Following a nationwide hunt for pow from Maine to Montana, New Mexico to New Hampshire, the major difference between East and West comes down to one simple concept: snow management. The very survival of resorts east of Denver International Airport rests on the imperative necessity of managed snowpack. Without sufficient snowmaking at the summit, sections off of Jay Peak’s tram will only open with enough natural snow until the ski patrol deems the cover too thin or skied out for public safety.
The climate of the “Ice Coast” band, ranging from the Midwest to the eastern seaboard, is so variable throughout each season that for the last two decades, the only hope for a hill to make it through winter is to manage the snow with groomers and snowmakers and employ surface preservation techniques, like allowing skiing and riding only at night (I see you Perfect North, Indiana). The resulting conditions are most often a layer of dense snow that is regularly groomed and replenished by snowmaking.
The freeze/thaw pattern exacerbated by the scraped-off surface of high-density usage leaves behind a signature icy hardpack that all East Coast sliders pride themselves in the ability to survive.
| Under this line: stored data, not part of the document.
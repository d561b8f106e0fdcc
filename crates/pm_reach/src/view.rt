//! Containment as the rows tell it, for whoever asks a `Reach`.

ghost use Rattle.std.specs.Prelude.{◌≡◌, ℕ};
ghost use Rattle.pm_reach.specs.Rows.{below, relation_of};
ghost use Rattle.pm_reach.specs.Words.{in_row};
ghost use Rattle.pm_reach.specs.View.{IsRowOf};

use crate::reach::ReachRows;
use crate::words;
use pm_model::{ElementId, Grant, Reach};
use std::marker::Model;

/// A number that no element has.
const NO_ELEMENT: ElementId = ElementId(u32::MAX);

/// An element and the words of its row.
#[derive(Clone, Copy)]
struct LastRow<'a> {
    x: ElementId,
    words: &'a [u64],
}

impl<'a> LastRow<'a> {
    /// No element's row.
    fn none(rows: &'a ReachRows) -> LastRow<'a>
        ensures { IsRowOf rows.now.rows result }
    {
        LastRow {
            x: NO_ELEMENT,
            words: rows.row(NO_ELEMENT),
        }
    }

    /// The words of the row of x, which is the last from now on.
    fn words_of(&mut self, rows: &'a ReachRows, x: ElementId) -> &'a [u64]
        requires { IsRowOf rows.now.rows self.old }
        ensures row { (y : ℕ) → in_row result.now y ≡ below rows.now.rows x y }
        ensures last { IsRowOf rows.now.rows self.new }
    {
        if self.x != x {
            self.words = rows.row(x);
            self.x = x;
        }
        self.words
    }
}

/// A look at rows. It takes no memory. It remembers where the last row stands of which it told a bit, and that of which it told
/// a word: a further question about the same element costs a look at a word.
pub struct RowsView<'a> {
    rows: &'a ReachRows,
    /// The last row of which a bit was told.
    bits: LastRow<'a>,
    /// The last row of which a word was told.
    whole: LastRow<'a>,
}

impl<'a> Drop for RowsView<'a> {
    fn drop(self) {
        let RowsView {
            rows: _,
            bits: _,
            whole: _,
        } = self;
    }
}

impl<'a> Model for RowsView<'a> {
    ghost use Rattle.pm_reach.specs.Rows.{Readied};
    ghost use Rattle.pm_reach.specs.View.{IsView};

    ghost Value = { Readied };

    ghost view = { λ v. v.rows.now };

    ghost invariant = { IsView };
}

impl ReachRows {
    /// A look at the rows.
    pub fn view(&self) -> RowsView<'_>
        ensures { result ≡ self.now }
    {
        RowsView {
            rows: self,
            bits: LastRow::none(self),
            whole: LastRow::none(self),
        }
    }
}

impl<'a> Reach for RowsView<'a> {
    ghost relation = { relation_of };

    fn contains(&mut self, x: ElementId, y: ElementId) -> bool {
        words::has(self.bits.words_of(self.rows, x), y.number())
    }

    fn above(&mut self, x: ElementId, k: u32) -> u64 {
        words::word(self.whole.words_of(self.rows, x), k)
    }

    fn may_hold(&mut self, y: ElementId, k: u32) -> bool {
        self.rows.may_hold(y, k)
    }

    fn first_on(&mut self, x: ElementId, right: u8, grants: &[Grant]) -> Option<usize> {
        let words = self.bits.words_of(self.rows, x);
        grants.iter().position(|grant| grant.rights.has(right)
            && words::has(words, grant.at.number()))
    }
}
From Snowshoe, West Virginia to Saddleback, Maine, all season long the signature sound of the East can be heard ringing through the forest: “KKKSSHHhhhhh! … KKKSSHHhhhh!”
Snowmaking operations cover 97% of Windham Mountain in upstate New York. Even on 50+ degree days, the skiing and riding can be surprisingly consistent. Photo by James C.
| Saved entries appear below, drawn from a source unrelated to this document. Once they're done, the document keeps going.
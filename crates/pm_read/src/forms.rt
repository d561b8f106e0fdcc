//! Forms of fields: names, numbers, lists, subjects and modes, by themselves and at a line's keys.
ghost use Rattle.std.specs.Prelude.{◌≡◌, Option, option_map, option_and_then, bytes_eq, IfOk};
ghost use Rattle.std.specs.List.{list_any};
ghost use Rattle.serde_json.specs.Data.{Data};
ghost use Rattle.serde_json.specs.Find.{as_array};
ghost use Rattle.serde_json.specs.View.{view, items_view};
ghost use Rattle.pm_model.specs.Forms.{distinct, list_form, list_of, listed_form, looking, mode_form, mode_of, name_form, one_subject, rights_form, short_form, subject_by, whole_form};
ghost use Rattle.pm_model.specs.Asked.{exc_at, mode_at, name_at, number_at, optional, process_of, required, rights_at, sets_of, subject_at, users_at};
ghost use Rattle.pm_model.specs.Words.{key_text};
ghost use Rattle.pm_read.specs.Reads.{Reads};

use crate::errors::ReadError;
use pm_model::{BadLine, ItemList, Key, Memory, Mode, Name, NameList, Subject};
use serde_json::Value;
use std::alloc::Global;

/// How many rights or users a line may list, repeats included.
const MOST_LISTED: usize = 32;

/// How many names the two sets of a prohibition may list together, repeats included.
pub(crate) const MOST_IN_SETS: usize = 32;

/// What a value can be read as.
pub(crate) trait Form: Sized {
    /// What a value reads as, where it has the form.
    ghost form: { Data → Option Self };

    /// What the value reads as.
    fn read(value: &Value) -> Option<Self>
        ensures { result ≡ form (view value.now) };
}

impl Form for Name {
    ghost form = { name_form };

    fn read(value: &Value) -> Option<Name> {
        name(value)
    }
}

impl Form for u32 {
    ghost form = { short_form };

    fn read(value: &Value) -> Option<u32> {
        short(value)
    }
}

/// A text that is a name.
pub(crate) fn name(value: &Value) -> Option<Name>
    ensures { result ≡ name_form (view value.now) }
{
    let text = value.as_str()?;
    Name::new(text.as_bytes())
}

/// The name at the key.
pub(crate) fn name_at(key: Key, value: &Value) -> Result<Name, BadLine>
    ensures { result ≡ name_at (looking (view value.now)) key }
{
    match value.get(key.text()).and_then(name) {
        None => Err(BadLine::BadField(key)),
        Some(name) => Ok(name),
    }
}

/// A whole number of 32 bits.
pub(crate) fn short(value: &Value) -> Option<u32>
    ensures { result ≡ short_form (view value.now) }
{
    let number = value.as_u64()?;
    u32::try_from(number).ok()
}

/// The number of 32 bits at the key, where one is there.
fn short_if(key: Key, value: &Value) -> Option<u32>
    ensures { result ≡ option_and_then short_form (looking (view value.now) (key_text key)) }
{
    value.get(key.text()).and_then(short)
}

/// The number of 32 bits at the key.
pub(crate) fn number_at(key: Key, value: &Value) -> Result<u32, BadLine>
    ensures { result ≡ number_at (looking (view value.now)) key }
{
    match short_if(key, value) {
        None => Err(BadLine::BadField(key)),
        Some(n) => Ok(n),
    }
}

/// The process that asks.
pub(crate) fn process(value: &Value) -> Result<u32, BadLine>
    ensures { result ≡ process_of (looking (view value.now)) }
{
    number_at(Key::Proc, value)
}

/// The number of 64 bits that was found, which may be left out.
pub(crate) fn optional_whole(key: Key, found: Option<&Value>) -> Result<Option<u64>, BadLine>
    ensures { result ≡ optional key (option_map (λ v. view v.now) found.entry) whole_form }
{
    match found {
        None => Ok(None),
        Some(value) => match value.as_u64() {
            None => Err(BadLine::BadField(key)),
            Some(n) => Ok(Some(n)),
        },
    }
}

fn list_of<T: Form + Drop>(alloc: Global, items: &[Value]) -> Result<Option<ItemList<T>>, Memory>
    ensures { IfOk result (λ o. o ≡ list_of T.form (items_view items.now)) }
{
    let mut list = ItemList::new(alloc);
    for value in items {
        match T::read(value) {
            None => return Ok(None),
            Some(item) => list.push(item)?,
        }
    }
    Ok(Some(list))
}

/// A list of what has a form.
pub(crate) fn list<T: Form + Drop>(
    alloc: Global,
    value: &Value,
) -> Result<Option<ItemList<T>>, Memory>
    ensures { IfOk result (λ o. o ≡ option_and_then (list_of T.form) (as_array (view value.now))) }
{
    match value.as_array() {
        None => Ok(None),
        Some(items) => list_of(alloc, items),
    }
}

fn list_at(alloc: Global, key: Key, value: &Value) -> Result<NameList, ReadError>
    ensures { Reads result (required key (option_and_then list_form (looking (view value.now) (key_text key)))) }
{
    let Some(found) = value.get(key.text()) else {
        return Err(ReadError::Bad(BadLine::BadField(key)));
    };
    match list(alloc, found)? {
        None => Err(ReadError::Bad(BadLine::BadField(key))),
        Some(names) => Ok(names),
    }
}

fn contains(list: &[Name], name: &Name) -> bool
    ensures { result ≡ list_any (bytes_eq name.now) list.now }
{
    list.iter().any(|n| name.bytes() == n.bytes())
}

/// The names in order, each at its first place alone.
pub(crate) fn distinct(alloc: Global, names: &[Name]) -> Result<NameList, Memory>
    ensures { IfOk result (λ l. l ≡ distinct names.now) }
{
    let mut list = NameList::new(alloc);
    for name in names {
        if !contains(list.as_slice(), name) {
            list.push(*name)?;
        }
    }
    Ok(list)
}

/// A list of rights or users as it stands, repeats too.
pub(crate) fn listed(alloc: Global, value: &Value) -> Result<Option<NameList>, Memory>
    ensures { IfOk result (λ o. o ≡ listed_form (view value.now)) }
{
    let names: Option<NameList> = list(alloc, value)?;
    match names {
        None => Ok(None),
        Some(names) => {
            if names.len() == 0 || names.len() > MOST_LISTED {
                return Ok(None);
            }
            Ok(Some(names))
        }
    }
}

fn rights(alloc: Global, value: &Value) -> Result<Option<NameList>, Memory>
    ensures { IfOk result (λ o. o ≡ rights_form (view value.now)) }
{
    match listed(alloc, value)? {
        None => Ok(None),
        Some(names) => Ok(Some(distinct(alloc, names.as_slice())?)),
    }
}

/// The set of rights.
pub(crate) fn rights_at(alloc: Global, value: &Value) -> Result<NameList, ReadError>
    ensures { Reads result (rights_at (looking (view value.now))) }
{
    let Some(found) = value.get(Key::Rights.text()) else {
        return Err(ReadError::Bad(BadLine::BadField(Key::Rights)));
    };
    match rights(alloc, found)? {
        None => Err(ReadError::Bad(BadLine::BadField(Key::Rights))),
        Some(list) => Ok(list),
    }
}

/// The users of a survey.
pub(crate) fn users_at(alloc: Global, value: &Value) -> Result<NameList, ReadError>
    ensures { Reads result (users_at (looking (view value.now))) }
{
    let Some(found) = value.get(Key::Users.text()) else {
        return Err(ReadError::Bad(BadLine::BadField(Key::Users)));
    };
    match listed(alloc, found)? {
        None => Err(ReadError::Bad(BadLine::BadField(Key::Users))),
        Some(list) => Ok(list),
    }
}

fn exc_at(alloc: Global, inc: &NameList, value: &Value) -> Result<NameList, ReadError>
    ensures { Reads result (exc_at (looking (view value.now)) inc.now) }
{
    let exc = list_at(alloc, Key::Exc, value)?;
    if inc.len().saturating_add(exc.len()) > MOST_IN_SETS {
        return Err(ReadError::Bad(BadLine::BadField(Key::Exc)));
    }
    Ok(exc)
}

/// The fields `inc` and `exc`.
pub(crate) fn sets(alloc: Global, value: &Value) -> Result<(NameList, NameList), ReadError>
    ensures { Reads result (sets_of (looking (view value.now))) }
{
    let inc = list_at(alloc, Key::Inc, value)?;
    let exc = exc_at(alloc, &inc, value)?;
    Ok((inc, exc))
}

fn one_subject<N: Form, P: Form>(
    user: Option<&Value>,
    ua: Option<&Value>,
    process: Option<&Value>,
) -> Option<Subject<N, P>>
    ensures { result ≡ one_subject N.form P.form (option_map (λ v. view v.now) user.entry) (option_map (λ v. view v.now) ua.entry) (option_map (λ v. view v.now) process.entry) }
{
    match (user, ua, process) {
        (Some(user), None, None) => Some(Subject::User(N::read(user)?)),
        (None, Some(ua), None) => Some(Subject::Ua(N::read(ua)?)),
        (None, None, Some(process)) => Some(Subject::Process(P::read(process)?)),
        _ => None,
    }
}

/// A user, a user attribute or a process, of which exactly one is there.
pub(crate) fn subject<N: Form, P: Form>(value: &Value) -> Option<Subject<N, P>>
    ensures { result ≡ subject_by N.form P.form (view value.now) }
{
    let user = value.get(Key::User.text());
    let ua = value.get(Key::Ua.text());
    let process = value.get(Key::Process.text());
    one_subject(user, ua, process)
}

/// Whom a prohibition denies.
pub(crate) fn subject_at(value: &Value) -> Result<Subject<Name, u32>, BadLine>
    ensures { result ≡ subject_at (looking (view value.now)) }
{
    let Some(found) = value.get(Key::Subject.text()) else {
        return Err(BadLine::BadField(Key::Subject));
    };
    match subject(found) {
        None => Err(BadLine::BadField(Key::Subject)),
        Some(subject) => Ok(subject),
    }
}

#[tactic(auto, unfolding(pm_model::specs::Words::word_text))]
fn mode_named(word: &str) -> Option<Mode>
    ensures { result ≡ mode_of word.now }
{
    match word {
        "all" => Some(Mode::All),
        "any" => Some(Mode::Any),
        _ => None,
    }
}

/// A word for how sets make a range.
pub(crate) fn mode(value: &Value) -> Option<Mode>
    ensures { result ≡ mode_form (view value.now) }
{
    value.as_str().and_then(mode_named)
}

/// How the sets of a prohibition make its range.
pub(crate) fn mode_at(value: &Value) -> Result<Mode, BadLine>
    ensures { result ≡ mode_at (looking (view value.now)) }
{
    match value.get(Key::Mode.text()).and_then(mode) {
        None => Err(BadLine::BadField(Key::Mode)),
        Some(mode) => Ok(mode),
    }
}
Whereas the West is mostly natural—think fresh snowfall and waist-deep powder—the East is largely screaming fast groomers and icy slalom runs. Which isn’t to say the East doesn’t get powder. I enjoyed 20” of fresh snowfall at Sugarloaf, Maine, this year. Of course, this was two days after a 40-degree-and-rainy outing at Sunday River (also in Maine) wiped out the 20” of powder that had previously fallen.
In recent seasons, however, even the powder-rich Rockies are having these ice sheets propagate across exposed greens and blues as early as January and February. The ice is everywhere now, and the East is well-practiced running a season around it. If you grew up skiing or riding on the variable conditions of the East, you will be able to hold your own anywhere.
Size & Scale
Another major difference in the East vs. West comes down to scale. In the West, there are just more options. There are more powder days, and there is more powder falling. Sure, the traffic and travel are about the same from Denver to Winter Park as from Boston to Loon, but in the vicinity of Winter Park, there are easily two dozen resorts within 100 miles. Nearby Loon, there are only about a dozen.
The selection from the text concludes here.